Beyond LLMs: Why Scalable Enterprise AI Adoption Depends on Agent Logic

While LLMs offer massive context windows, scalable enterprise AI adoption requires 'agent logic'—software primitives like knowledge graphs and program analysis—to drive cost-effectiveness, accuracy, and trust.
Guides have aided humanity throughout history. Prehistoric civilizations understood that the sun and the moon could be used to navigate vast distances on land and the high seas. Over time, various journeys facilitated the production of maps for better planning and faster travel time to repeat destinations. Centuries later, the introduction of the compass enabled seagoers to achieve greater accuracy in seeking unexplored destinations. And today, GPS navigation apps guide our every journey. In today’s world of agentic AI, AI agents, admittedly, have the potential to enable scalable AI adoption, transforming industries as we know them. However, an intelligent guide, agentic logic, is needed to realize this potential by fueling high agent quality, cost-effectiveness, and consequent end-user trust.
Enterprise Workflows & Use Cases
Numerous studies have cited the overwhelming failure of AI pilots, while others have also highlighted the need for AI to operate at the core of enterprise workflows to enable scalable adoption. [1] [2] To better understand this phenomenon and the associated assertion, some analysis of enterprise workflows is required. These workflows are:
A. Dynamic and long-running
B. Possess a plethora of APIs, databases and services
C. Oftentimes are constrained by business policies and/or regulations
For an agent to function effectively, given these above characteristics, naturally demands an expanded model context, which state-of-the-art frontier LLMs certainly possess, but at what tradeoff? Increased hallucinations, token consumption? Further, can LLMs be equipped with an intelligent guide, GPS, to enable agentic AI execution at the core of the workflow, driving more desirable outcomes? We tested these hypotheses by designing and building agents, equipped with pertinent agent logic, for IBM offerings fully considering the above characteristics. These offerings pertain to some of the most challenging tasks confronting subject matter experts who own various stages of the enterprise software delivery lifecycle for mission critical workloads including:
- Understanding applications written in legacy code (Cobol / PL/1)

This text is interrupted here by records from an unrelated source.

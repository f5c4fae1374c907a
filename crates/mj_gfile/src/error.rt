// Why bytes are refused as a listing.

use std::alloc::AllocError;
use thiserror::Error;

/// Why bytes are refused as a listing. Lines count from 1, the header among them.
#[derive(Clone, Copy, PartialEq, Eq, Debug, Error)]
pub enum ReadError {
    /// the first line isn't the header
    #[error("G1")]
    Header,
    /// a line isn't spelled as one of a listing, or byte 10 doesn't end it
    #[error("G2 line {0}")]
    Line(usize),
    /// a line's name doesn't stand after that of the line before
    #[error("G3 line {0}")]
    Order(usize),
    /// a word, a list of subscripts or a text is over its limit
    #[error("G4 line {0}")]
    Limit(usize),
    /// an allocation was refused
    #[error("memory")]
    Memory,
}

impl From<AllocError> for ReadError {
    ghost use Rattle.mj_gfile.specs.declared.error.ReadError.TheVariants as error;
    ghost use Rattle.std.specs.Prelude.{◌≡◌};

    ghost from_gives = { λ e r. r ≡ error.Memory };

    fn from(_error: AllocError) -> ReadError {
        ReadError::Memory
    }
}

- Expediting test generation for developers
- Proactively responding to incidents and enabling shift-left app resiliency
- Automating compliance modernization for critical environments
Before examining each of these domains in detail, let us define what characterizes agent logic. Agent logic is software primitives, such as knowledge graphs, algorithms, program analysis libraries, which operate at the agentic layer (within an agent harness) and can intentionally steer the LLM in the direction of the enterprise workflow, reducing the context space. In so doing, have strong tendency to drive more performant outcomes in a more cost-effective manner. Let us now examine how agent logic is able to achieve such outcomes in each of the above four domains.
- Understanding applications written in legacy code (Cobol / PL/1) - program analysis.[3]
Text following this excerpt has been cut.